The Vectrex Projector We’ve Been Waiting For

Unlike most old consoles, the Vectrex is unique for having a vector-based display. This gives it a very different look to most of its contemporaries, and necessitated a built-in display, as regular televisions aren’t built to take vector signals. Not one to be limited to the stock screen size, [Arcade Jason] decided the Vectrex needed a projection upgrade, and built exactly that.

The build relies on a lens that [Jason] salvaged from an old rear-projection TV. These units used CRTs with big lenses which projected the image onto a screen. That’s precisely what is happening here, with a vector display replacing the CRT used in the original TV. The vector display itself used here is a tube from a small black and white TV set, which [Jason] modified to use a Vectrex yoke, making it capable of vector operation.

Through some modification and careful assembly, [Jason] was rewarded with a wall-sized display for his Vectrex console. This is demonstrated with some beautiful glowing vector demos, accompanied with appropriate bleep-bloop music, as was the style at the time. The Cantina band is a particular highlight.

We’ve seen [Jason]’s vector hacks before, too – like this Asteroids machine modified to display in color. Video after the break.

 

12 thoughts on “The Vectrex Projector We’ve Been Waiting For

  1. I just now realized that the cantina alien species (shown) appeared in an old “Outer Limits” episode.

    They planned to invade Earth but didn’t understand emotion, and so sent one of their kind to study our species.

    1. Yup, but this can’t do unmodified games because it’s so much slower.

      The slew rate on a capacitive-deflection CRT is nearly infinite. An oscilloscope can trace out whatever waveform it wants, and the bandwidth limit is basically set by the front-end amplifiers.

      Magnetic-deflection CRTs are slightly slower, because the coils have inductance which resists a change in current, but they’re still pretty quick. Game code can put the beam wherever it wants, without much in the way of path optimization.

      But mechanically-scanned lasers have to cope with the mass of a moving mirror. This is much slower again, and it means the display frames have to be carefully composed to work within the acceleration limits of the galvanometers.

      I don’t have a good sense of how these things actually compare because they’re not usually measured in the same units, but I believe there’s a couple orders of magnitude separating each step above.

      1. Yeah you’d definitely need to drop frames or maybe even total number of points drawn to get reasonable gameplay. I have a microvision showwx+ pocket laser projector that uses a tiny mems mirror to essentially draw a raster rgb laser image at 854×480 (in a sort of interlaced method for forwards and reverse beam directions) @30fps. I’ve always wanted to mod it to turn it into a vector display by writing my own firmware for the onboard fpga that drives the mems and lasers.

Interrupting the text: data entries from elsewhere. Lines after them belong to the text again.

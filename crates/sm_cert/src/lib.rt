//! Whether the text of a finished answer is right, and what a yes means.
//!
//! [`check`] reads the text in the form of an answer and tries the clauses of its head line by line. It stands on nothing that
//! looks for an answer. [`laws`] says what follows of an answer that gets a yes.
#![tactic(auto)]

mod checking;
mod faults;
pub mod laws;
pub mod witnesses;

pub use checking::check;
pub use faults::CertFault;
pub use sm_check_clauses::{Reason, Verdict};
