//! Worked answers of which the verdict is known by hand, computed. Each function does nothing: its contract is what is
//! computed.

ghost use Rattle.sm_cert.specs.Witnesses.{OddAnswers, FirstIsntBest};
ghost use Rattle.sm_cert.specs.WitnessesWeight.{WrittenIsKnown, WeightAnswers};

/// By an odd party there is no stable matching of five persons; in another order it is no party of a stable partition.
pub fn odd_answers()
    ensures { OddAnswers }
{}

/// A stable matching that isn't the proposers' best, and behind which no rotation is exposed.
pub fn first_isnt_best()
    ensures { FirstIsntBest }
{}

/// What is written over three proposers and three reviewers is a known market, with its chain of rotations.
pub fn written_is_known()
    ensures { WrittenIsKnown }
{}

/// An answer of `weight` that is right, one whose flow isn't conserved, and one whose flow doesn't come up to the cut.
pub fn weight_answers()
    ensures { WeightAnswers }
{}
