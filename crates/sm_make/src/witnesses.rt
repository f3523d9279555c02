//! Words and lists that the checker computes, so that the definitions mean what they should. The function does nothing: its
//! contract is the statement.

ghost use Rattle.sm_make.specs.Witnesses.{IsMadeOfTwo};

/// The first words of seed 42, and the lists of a marriage of two that they give.
pub fn made_of_two()
    ensures { IsMadeOfTwo }
{}
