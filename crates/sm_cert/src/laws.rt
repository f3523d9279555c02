//! The laws of verdicts, and what a yes means. Each function does nothing: its contract is the law, a statement
//! over the definitions alone.

ghost use Rattle.sm_cert.specs.Laws.{OneVerdict, OneJudgement, JudgedIsntBad, OneMisplaced};
ghost use Rattle.sm_cert.specs.Yes.{ListYes, SolveYes, CouplesYes, NoneYes, RegretYes, MeetYes, JoinYes, ReducedYes, RotationsYes, WeightYes};

/// There is no more than one verdict on an answer.
pub fn one_verdict()
    ensures { OneVerdict }
{}

/// There is no more than one verdict on a text.
pub fn one_judgement()
    ensures { OneJudgement }
{}

/// A text on which there is a verdict is of the form of an answer.
pub fn judged_isnt_bad()
    ensures { JudgedIsntBad }
{}

/// No more than one line of a text is the first that isn't of the form of an answer.
pub fn one_misplaced()
    ensures { OneMisplaced }
{}

/// Where an answer of `list` gets a yes, its vectors are those of allowed stable matchings, and rise from the cursor. If it ends
/// with `more`, they are as many as the limit, and `more` repeats the last one.
pub fn list_yes()
    ensures { ListYes }
{}

/// Where an answer of `solve` over an instance with two sides gets a yes, its pairs are those of the stable matching that is
/// best for the side it names: each pair of that matching stands once, and no other pair does.
pub fn solve_yes()
    ensures { SolveYes }
{}

/// Where an answer of `solve` over roommates writes a matching and gets a yes, its pairs are the couples of a stable matching:
/// each couple stands once, its lower-numbered person first, and no other pair does.
pub fn couples_yes()
    ensures { CouplesYes }
{}

/// Where an answer of `solve` over roommates says that there is no stable matching and gets a yes, there is none: its parties are
/// those of a stable partition, each person stands once in them, and one of them is odd.
pub fn none_yes()
    ensures { NoneYes }
{}

/// Where an answer of `regret` gets a yes, its pairs are those of a stable matching that the conditions allow, and the one
/// regret that it names is that of this matching. It says nothing of whether another matching has a lower one.
pub fn regret_yes()
    ensures { RegretYes }
{}

/// Where an answer of `meet` gets a yes, its two matchings are stable, and its pairs give each proposer the better of its two
/// partners: each pair of that matching stands once, and no other pair does.
pub fn meet_yes()
    ensures { MeetYes }
{}

/// Where an answer of `join` gets a yes, its two matchings are stable, and its pairs give each proposer the worse of its two
/// partners: each pair of that matching stands once, and no other pair does.
pub fn join_yes()
    ensures { JoinYes }
{}

/// Where an answer of `reduced` gets a yes, its first and last seats are the proposers' and the reviewers' best matching of the
/// market of seats, and each proposer and each seat has one line, with its reduced list between the two.
pub fn reduced_yes()
    ensures { ReducedYes }
{}

/// Where an answer of `rotations` gets a yes, its first seats are the proposers' best matching of the market of seats, its
/// rotations are the whole chain from there, each the one that begins with the lowest proposer at its turn, and behind each
/// stand the numbers of all rotations that it needs, and no others.
pub fn rotations_yes()
    ensures { RotationsYes }
{}

/// Where an answer of `weight` gets a yes, its pairs are those of a stable matching that the conditions allow and than which no
/// other is lighter, and of the lightest ones that which is best for all proposers; its totals are the weights of it. In each level
/// its flow fills the cut of the set that it takes, and the value and the cut that it writes are theirs; this set is the reach of
/// the last flow. Its first matching, its chain and what the rotations need are as in an answer of `rotations`.
pub fn weight_yes()
    ensures { WeightYes }
{}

  2. The deflection coils on that little monitor don’t look any different than any other TV’s and 19 inch Electrohome vector displays I have seen. The deflection amplifiers have DC response and use current feedback to overcome the inductance of the deflection coils. Basically a hifi stereo amp with sigma feedback.

    Get it while they last, the large screen box TV’s with projection tubes should be able to be driven using the right amplifiers of about 3mHz bandwidth down to DC. The problem is getting the HV side of things to agree and not getting shocked. I hacked audio into a 19 inch boob tube in 1970 in high school.